Abstract

A stochastic relationship between topography and Bouguer gravity is used to calculate high‐resolution variations in effective elastic thickness, Te, of the lithosphere in western Canada. The topography‐gravity coherence is calculated using a two‐dimensional, maximum‐entropy‐based spectral estimator. This method allows for smaller data windows and provides Te determinations with higher spatial resolution than standard Fourier spectral estimators. Our analysis shows significant variations in Te in western Canada. Te increases from ∼20–40 km in the weak, young portions of the Cordillera to 100 km and greater in the strong, old Canadian Shield. Te estimates are in good agreement with lithospheric temperatures calculated from surface heat flow and radioactive heat generation data. Our calculated Te distribution also shows strong correlation with other thermally related geophysical parameters, such as lithospheric age, regional heat flow, seismicity, seismic properties, and the stress field. Consequently, we infer that lithospheric temperatures exert a primary control on large‐scale variations in Te.
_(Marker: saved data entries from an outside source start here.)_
//! The fields of scenarios, of their calls and of keys: their names, and their values read of JSON; or why one cannot be
//! read (ours).
//!
//! # Contract
//!
//! A reader answers what the value of its field spells (`specs/Values.antt`, and `draft` of `specs/Drafts.antt`), exactly
//! where it spells something (`Reads`, and `ReadsExactly` where it takes no memory); else its error is not `Memory`, or a
//! request for memory was refused. `Owner` is what has fields: `unknown` is a field of an object exactly where its owner does
//! not have each (`is_known`).
//!
//! Which other fault a reader tells is defined beside what it reads (`specs/Misfits.antt`): `Floating` where a value is a number
//! that is no whole number of 64 bits, else `Shape` of the field, as where it is missing, of another type or out of its range.
//! Only of `draft`, which reads several fields, is not in the contract, but tested, which of their faults it tells.
#![tactic(auto)]

mod drafts;
mod field;
mod misfit;
mod value;

pub use drafts::draft;
pub use field::{Field, FieldName, Owner, not_known, unknown};
pub use misfit::Misfit;
pub use value::{
    client, connection, consumer, consumer_of, destination, held, mark, mode, no_local, now,
    selector, session, session_of, subscription,
};
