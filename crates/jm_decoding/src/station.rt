//! Rows of station.

ghost use Rattle.std.specs.Prelude.{◌≡◌, [], pos, if◌then◌else◌, not, Some, None, OnOk, IfOk, IfErr};
ghost use Rattle.jm_dest.specs.Names.{text_eq};
ghost use Rattle.jm_machine.specs.Reopened.{is_durable};
ghost use Rattle.sqlite_value.specs.declared.value.Value.TheVariants as value;
ghost use Rattle.sqlite_value.specs.Order.{bytes, column};
ghost use Rattle.jm_tables.specs.Keys as spec;
ghost use Rattle.jm_tables.specs.Rows.{definition_in, selector_in};
ghost use Rattle.jm_decoding.specs.declared.fault.RowFault.TheVariants.{Damaged};
ghost use Rattle.jm_decoding.specs.Asked.{AsksNothing, IsMarkIn, IsNameIn, IsSelectorIn, MayAsk};
ghost use Rattle.jm_decoding.specs.Decoded.{IsStationOf, IsFaultOfRow};
ghost use Rattle.jm_decoding.specs.Readable.{IsReadableKey, IsReadableStation};

use crate::columns::{number_at, text_at};
use crate::fault::RowFault;
use crate::key::key_of;
use jm_base::Str;
use jm_dest::{Key, Name};
use jm_machine::Definition;
use jm_selector::Selector;
use sqlite::Row;
use std::alloc::Global;

/// What a row of station stands for.
#[derive(Debug, Drop)]
pub struct StationRow {
    /// A queue or a durable subscription.
    pub key: Key,
    /// What the durable subscription asks for; none for a queue.
    pub definition: Option<Definition>,
}

/// Whether the mark in the column is set. `Damaged` exactly where it is neither 0 nor 1. Takes no memory.
fn mark_at(row: &Row, at: usize) -> Result<bool, RowFault>
    ensures ok { IfOk result (λ mark. column row.now at ≡ value.Int (pos (if mark then 1 else 0))) }
    ensures err { IfErr result (λ fault. (fault ≡ Damaged) × ¬ IsMarkIn (column row.now at)) }
{
    match number_at(row, at)? {
        0 => Ok(false),
        1 => Ok(true),
        _ => Err(RowFault::Damaged),
    }
}

/// The name in the column. `Damaged` where it has none; else `Memory` where a request for memory was refused.
fn name_at(alloc: Global, row: &Row, at: usize) -> Result<Name, RowFault>
    ensures ok { IfOk result (λ name. column row.now at ≡ value.Text name) }
    ensures valid { OnOk result (IsNameIn (column row.now at)) }
    ensures err { IfErr result (IsFaultOfRow (IsNameIn (column row.now at))) }
{
    Ok(Name::new(alloc, text_at(row, at)?)?)
}

/// The selector in the column; none where its text holds no token. `Damaged` where it has none that is not refused; `Memory`
/// where a request for memory was refused, which may come in place of it.
fn selector_at(alloc: Global, row: &Row, at: usize) -> Result<Selector, RowFault>
    ensures ok { IfOk result (λ selector. selector ≡ selector_in (bytes (column row.now at))) }
    ensures valid { OnOk result (IsSelectorIn (column row.now at)) }
    ensures err { IfErr result (IsFaultOfRow (IsSelectorIn (column row.now at))) }
{
    let text = String::from_str(alloc, text_at(row, at)?)?;
    Ok(Selector::read(alloc, &Some(Str::new(text)))?)
}

/// Sees that the row asks for nothing. `Damaged` exactly where it asks for something. Takes no memory.
#[tactic(auto, using(crate::proofs::Asking::nothing_topic, crate::proofs::Asking::nothing_selector))]
fn ask_nothing(row: &Row) -> Result<(), RowFault>
    ensures ok { OnOk result (AsksNothing row.now) }
    ensures err { IfErr result (λ fault. (fault ≡ Damaged) × ¬ AsksNothing row.now) }
{
    let is_unmarked = number_at(row, 4)? == 0 && number_at(row, 7)? == 0;
    if is_unmarked && text_at(row, 5)?.is_empty() && text_at(row, 6)?.is_empty() {
        return Ok(());
    }
    Err(RowFault::Damaged)
}

/// What the row asks for, as a durable subscription that has a client or none. `Damaged` where it asks for what it may not;
/// `Memory` where a request for memory was refused, which may come in place of it.
fn asked_by(alloc: Global, row: &Row, has_client: bool) -> Result<Definition, RowFault>
    requires { has_client ≡ not (text_eq (bytes (column row.now 2)) []) }
    ensures ok { IfOk result (λ definition. definition ≡ definition_in row.now) }
    ensures valid { OnOk result (MayAsk row.now) }
    ensures err { IfErr result (IsFaultOfRow (MayAsk row.now)) }
{
    let shared = mark_at(row, 4)?;
    let no_local = mark_at(row, 7)?;
    if shared && no_local || !shared && !has_client {
        return Err(RowFault::Damaged);
    }
    let topic = name_at(alloc, row, 5)?;
    let selector = selector_at(alloc, row, 6)?;
    Ok(Definition {
        topic,
        selector,
        no_local,
        shared,
    })
}

/// What the row of that key asks for, if it is that of a durable subscription. `Damaged` where it asks for what it may not;
/// `Memory` where a request for memory was refused, which may come in place of it.
#[tactic(auto, using(crate::proofs::Asking::asked_of_queue))]
fn definition_of(alloc: Global, row: &Row, key: &Key) -> Result<Option<Definition>, RowFault>
    requires key { spec.key_of row.now ≡ Some key.now }
    requires readable { IsReadableKey row.now }
    ensures ok { IfOk result (λ definition. definition ≡ (if is_durable key.now then Some (definition_in row.now) else None)) }
    ensures valid { OnOk result (IsReadableStation row.now) }
    ensures err { IfErr result (IsFaultOfRow (IsReadableStation row.now)) }
{
    match key {
        Key::Durable(client, _) => Ok(Some(asked_by(alloc, row, client.is_some())?)),
        _ => {
            ask_nothing(row)?;
            Ok(None)
        }
    }
}

/// What the row stands for, which has the columns of station at their indexes in the tree of the table (ours): family, client,
/// name, shared, topic, selector and no_local from 1 to 7. `Damaged` where a column is not of its kind, or the row is that of no
/// queue and of no durable subscription: a queue has the family 1 and a name, its client, topic and selector are empty, its
/// shared and no_local 0; a durable subscription has the family 2, a name, a topic, a client that is empty or a name, a selector
/// that is not refused, and as shared and no_local 0 or 1; an unshared one has a client, and a shared one no noLocal. `Memory`
/// where a request for memory was refused, which may come in place of a damage that was not found yet.
#[tactic(auto, using(crate::proofs::Asking::key_of_station))]
pub fn station_of(alloc: Global, row: &Row) -> Result<StationRow, RowFault>
    ensures ok { IfOk result (IsStationOf row.now) }
    ensures err { IfErr result (IsFaultOfRow (IsReadableStation row.now)) }
{
    let key = key_of(alloc, row)?;
    let definition = definition_of(alloc, row, &key)?;
    Ok(StationRow { key, definition })
}
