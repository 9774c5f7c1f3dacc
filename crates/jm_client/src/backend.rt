//! How calls are made under the lock.

ghost use Rattle.std.specs.Prelude.{◌≡◌, [], ◌∷◌};
ghost use Rattle.jm_client.specs.Locked.{publication};
ghost use Rattle.jm_plans.specs.Provider.{state_of};
ghost use Rattle.jm_kept.specs.Kept.{KeptFits};
ghost use Rattle.jm_machine.specs.declared.call.Call.TheVariants.{Publish};
ghost use Rattle.jm_machine.specs.declared.call.Who.TheVariants.{Session as BySession};

use jm_base::Refusal;
use jm_core::{Answer, Core, Step};
use jm_dest::SessionId;
use jm_header::Message;

/// How the calls of an embedded provider are made, and on what: this lies under its lock (ours). A service that is generic in
/// it runs over one that keeps nothing, over a store, and in tests over one that is audited.
pub trait Backend: Drop {
    ghost use Rattle.std.specs.Prelude.{Result};
    ghost use Rattle.jm_base.specs.declared.refusal.Refusal.{Refusal};
    ghost use Rattle.jm_plans.specs.Provider.{Provider};
    ghost use Rattle.jm_machine.specs.declared.answer.Answer.{Answer};
    ghost use Rattle.jm_machine.specs.declared.call.Step.{Step};

    /// The core that answers.
    ghost core_of: { Self → Provider };

    /// What a step with its reply does to the backend, beyond what it does to the core's state: to a keeper, or to a trace.
    ghost IsStep: { Self → Step → Result Answer Refusal → Self → Type 0 };

    /// The core that answers, as it stands.
    fn core(&self) -> &Core
        ensures { result.now ≡ core_of self.now };

    /// One step. A refusal is the machine's, as `Core::step` says; or it is `Memory` or `Store`, and then the core's state is
    /// as before.
    fn apply(&mut self, step: &Step) -> Result<Answer, Refusal>
        ensures fits { KeptFits (state_of (core_of self.old)) step.now.who step.now.call result (state_of (core_of self.new)) }
        ensures backend { IsStep self.old step.now result self.new };

    /// Publishes one message that the session stamped, as `apply` makes the step that publishes it alone, with its refusals; a
    /// refusal drops the message.
    fn publish(&mut self, session: SessionId, message: Message) -> Result<Answer, Refusal>
        ensures fits { KeptFits (state_of (core_of self.old)) (BySession session) (Publish (message ∷ [])) result
            (state_of (core_of self.new)) }
        ensures backend { IsStep self.old (publication session message) result self.new };
}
Collectively, the correlations readily explain why the Craton continues to be stable and undeformed, whereas the Cordillera has continued to be deformed through the Cenozoic. An exception is the Wopmay Orogen, which includes the easternmost part of the northern Cordillera. There Te is ∼90 km, although the surface heat flow is ∼90 mW/m2. We infer that the high heat flow in this region is caused primarily by very high radioactive heat generation in the upper crust and that deep lithospheric temperatures are moderately low as expected from its age and long‐term geological stability.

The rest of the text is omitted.